**Aim of the exercise**
When a line of the listing below has the string "KeepsOthers" in it, copy that line.

:::

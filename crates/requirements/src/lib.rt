//! Where the code of a method asks for members of a type or for a type by its name, and what reaches there. A world with its tables
//! (`mark_tables`), a method and the flow of its values go in; the sites come out, as `site_rules` lists them.
#![tactic(auto)]

mod body;
mod calls;
pub mod generic_sites;
pub mod item_sites;
mod methods;
mod names;
mod reflected;
mod uses;
mod values;

pub use crate::item_sites::types::type_sites;
pub use methods::{plain_sites, sites};
pub use site_kinds::failing::fails;
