//! What a trim left, written under its names.

ghost use Rattle.std.specs.Prelude.{◌≡◌};
ghost use Rattle.std.specs.Option.{option_copied};
ghost use Rattle.trim_command.specs.Writing.{IsApart, ListWrites, Leaves, KeepsOthers, written_names};

use il_outside::{Folder, FolderError};
use trim_core::Trimmed;

/// Writes the keep list under its name, where one is wanted.
fn put_list<F: Folder>(list: Option<&str>, kept: &[u8], folder: &mut F) -> Result<(), FolderError>
    ensures { ListWrites (option_copied list.entry) kept.now (F.state folder.old) (F.state folder.new) result }
{
    match list {
        None => Ok(()),
        Some(name) => folder.write(name, kept),
    }
}

/// Writes what was left under OUT, and then the keep list under its name. The first write that fails is the last one.
pub(crate) fn write_left<F: Folder>(
    output: &str,
    list: Option<&str>,
    left: &Trimmed,
    folder: &mut F,
) -> Result<(), FolderError>
    requires { IsApart output.now (option_copied list) }
    ensures written { Leaves left.now output.now (option_copied list.entry) (F.state folder.old) (F.state folder.new) result }
    ensures others { KeepsOthers (written_names output.now (option_copied list.entry)) (F.state folder.old).files (F.state folder.new).files }
{
    match folder.write(output, left.bytes.as_slice()) {
        Err(error) => Err(error),
        Ok(()) => put_list(list, left.kept.as_slice(), folder),
    }
}
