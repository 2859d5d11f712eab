//! Methods of operands with the running method's arguments put in.

ghost use Rattle.std.specs.Prelude.{◌≡◌, IfOk};
ghost use Rattle.std.specs.Option.{option_map, option_and_then};
ghost use Rattle.rules.specs.step_rules.Closing.{callee_of, closed_method_use};
ghost use Rattle.machine_words.specs.cil_closing.Callees.{callee_by};
ghost use Rattle.machine_words.specs.cil_words.Steps.{here_by};

use crate::cil_closing::callee::{Callee, callee_of};
use crate::cil_closing::closed_types::{closed_args, closed_cell};
use crate::cil_closing::plain::args_of;
use crate::cil_queries::Answers;
use crate::cil_words::Body;
use il_base::NoMemory;
use il_base::cil_values::State;
use il_base::world_model::MethodUse;
use std::alloc::Global;

/// The method of an operand. None where the operand has no meaning in the running method.
pub fn closed_use<'a, Q: Answers>(
    alloc: Global,
    q: &'a Q,
    body: &Body,
    st: &State,
    used: &MethodUse,
) -> Result<Option<Callee<'a>>, NoMemory>
    ensures { IfOk result (λ found. option_map callee_by found ≡ option_and_then (callee_of (Q.queries q.now)) (closed_method_use (Q.queries q.now) (here_by body.now st.now) used.now)) }
{
    let Some(closed) = closed_method_use(alloc, q, body, st, used)? else {
        return Ok(None);
    };
    callee_of(alloc, q, closed)
}

/// A use with the running method's arguments put in. None where it has then no meaning.
#[tactic(auto, unfolding(rules::specs::step_rules::Closing::closed_method_use))]
fn closed_method_use<Q: Answers>(
    alloc: Global,
    q: &Q,
    body: &Body,
    st: &State,
    used: &MethodUse,
) -> Result<Option<MethodUse>, NoMemory>
    ensures { IfOk result (λ closed. closed ≡ closed_method_use (Q.queries q.now) (here_by body.now st.now) used.now) }
{
    let targs = args_of(&st.top.method.owner);
    let margs = st.top.method.args.as_slice();
    let Some(owner) = closed_cell(alloc, q, targs, margs, &used.owner)? else {
        return Ok(None);
    };
    let Some(args) = closed_args(alloc, q, targs, margs, used.args.as_slice())? else {
        return Ok(None);
    };
    Ok(Some(MethodUse {
        method: used.method,
        owner,
        args,
    }))
}
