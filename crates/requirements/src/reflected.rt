//! What the members of reflection take, and the names that they look for.

ghost use Rattle.std.specs.Prelude.{◌≡◌, ◌++◌, ◌+◌, IfOk, OnOk};
ghost use Rattle.rules.specs.flow_rules.Counts.{one_if};
ghost use Rattle.rules.specs.site_rules.Bodies.{names_of_call, search_sites, creation_sites, name_sites, of_member};
ghost use Rattle.requirements.specs.Bodies.{flowed, IsBody};

use crate::body::Body;
use crate::generic_sites::asking::put_asking;
use crate::names::known_names;
use crate::values::value_from_top;
use il_base::{MethodId, NoMemory, Seq, Units};
use rules::flow_rules::Called;
use rules::mark_rules::member_kinds;
use rules::site_rules::{Site, Target};
use site_kinds::reflection::{is_creation, is_name_search, searched_kinds};
use std::alloc::Global;

fn params_in(c: Called) -> Result<u32, NoMemory>
    ensures { IfOk result (λ n. n ≡ c.params) }
{
    match u32::try_from(c.params) {
        Err(_) => Err(NoMemory),
        Ok(params) => Ok(params),
    }
}

/// How many values a call takes.
fn taken_by(c: Called) -> Result<u32, NoMemory>
    ensures { IfOk result (λ n. n ≡ c.params + one_if c.this) }
{
    let params = params_in(c)?;
    if !c.this {
        return Ok(params);
    }
    match params.checked_add(1) {
        None => Err(NoMemory),
        Some(taken) => Ok(taken),
    }
}

/// The name that a method takes as its first parameter, where it is known.
fn names_of_call(
    alloc: Global,
    body: &Body<'_, '_, '_, '_>,
    offset: u32,
    c: Called,
) -> Result<Option<Seq<Units>>, NoMemory>
    requires { IsBody body.now }
    ensures { IfOk result (λ names. names ≡ names_of_call (flowed body.now) offset c) }
{
    let params = params_in(c)?;
    if params == 0 {
        return Ok(None);
    }
    let sources = value_from_top(alloc, body, offset, params)?;
    let names = known_names(alloc, sources.as_slice())?;
    Ok(names)
}

/// Puts the site of a search for members at the end.
#[tactic(auto, using(crate::proofs::Lists::none_more))]
fn put_search(
    alloc: Global,
    body: &Body<'_, '_, '_, '_>,
    offset: u32,
    m: MethodId,
    c: Called,
    sites: &mut Seq<Site>,
) -> Result<(), NoMemory>
    requires { IsBody body.now }
    ensures { OnOk result (sites.new ≡ sites.old ++ search_sites (flowed body.now) offset m c) }
{
    let kinds = searched_kinds(body.annotated, m)?;
    if kinds == 0 {
        return Ok(());
    }
    let place = body.place(offset)?;
    let names = names_of_call(alloc, body, offset, c)?;
    let taken = taken_by(c)?;
    let sources = value_from_top(alloc, body, offset, taken)?;
    sites.push(Site {
        place,
        target: Target::This(m),
        kinds,
        names,
        sources,
    })
}

/// Puts the site of `Activator.CreateInstance(Type)` at the end.
#[tactic(auto, using(crate::proofs::Lists::none_more))]
fn put_creation(
    alloc: Global,
    body: &Body<'_, '_, '_, '_>,
    offset: u32,
    m: MethodId,
    c: Called,
    sites: &mut Seq<Site>,
) -> Result<(), NoMemory>
    requires { IsBody body.now }
    ensures { OnOk result (sites.new ≡ sites.old ++ creation_sites (flowed body.now) offset m c) }
{
    let creates = is_creation(body.annotated, m)?;
    if !creates {
        return Ok(());
    }
    if c.params != 1 {
        return Ok(());
    }
    let place = body.place(offset)?;
    let sources = value_from_top(alloc, body, offset, 1)?;
    put_asking(
        place,
        Target::Param(m, 0),
        member_kinds::PUBLIC_PARAMETERLESS_CONSTRUCTOR,
        sources,
        sites,
    )
}

/// Puts the site of `Type.GetType` at the end.
#[tactic(auto, using(crate::proofs::Lists::none_more))]
fn put_name_site(
    alloc: Global,
    body: &Body<'_, '_, '_, '_>,
    offset: u32,
    m: MethodId,
    c: Called,
    sites: &mut Seq<Site>,
) -> Result<(), NoMemory>
    requires { IsBody body.now }
    ensures { OnOk result (sites.new ≡ sites.old ++ name_sites (flowed body.now) offset m c) }
{
    let looks = is_name_search(body.annotated, m)?;
    if !looks {
        return Ok(());
    }
    let place = body.place(offset)?;
    let names = names_of_call(alloc, body, offset, c)?;
    let params = params_in(c)?;
    let sources = value_from_top(alloc, body, offset, params)?;
    sites.push(Site {
        place,
        target: Target::Name(m),
        kinds: 0,
        names,
        sources,
    })
}

/// Puts the sites of a call of a member of reflection at the end; there are none of any other method.
#[tactic(auto, unfolding(rules::specs::site_rules::Bodies::of_member), using(crate::proofs::Lists::two_put))]
pub(crate) fn put_member(
    alloc: Global,
    body: &Body<'_, '_, '_, '_>,
    offset: u32,
    m: MethodId,
    c: Called,
    sites: &mut Seq<Site>,
) -> Result<(), NoMemory>
    requires { IsBody body.now }
    ensures { OnOk result (sites.new ≡ sites.old ++ of_member (flowed body.now) offset m c) }
{
    put_search(alloc, body, offset, m, c, sites)?;
    put_creation(alloc, body, offset, m, c, sites)?;
    put_name_site(alloc, body, offset, m, c, sites)
}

:::

**Your response**
ghost use Rattle.trim_command.specs.Writing.{IsApart, ListWrites, Leaves, KeepsOthers, written_names};
    ensures others { KeepsOthers (written_names output.now (option_copied list.entry)) (F.state folder.old).files (F.state folder.new).files }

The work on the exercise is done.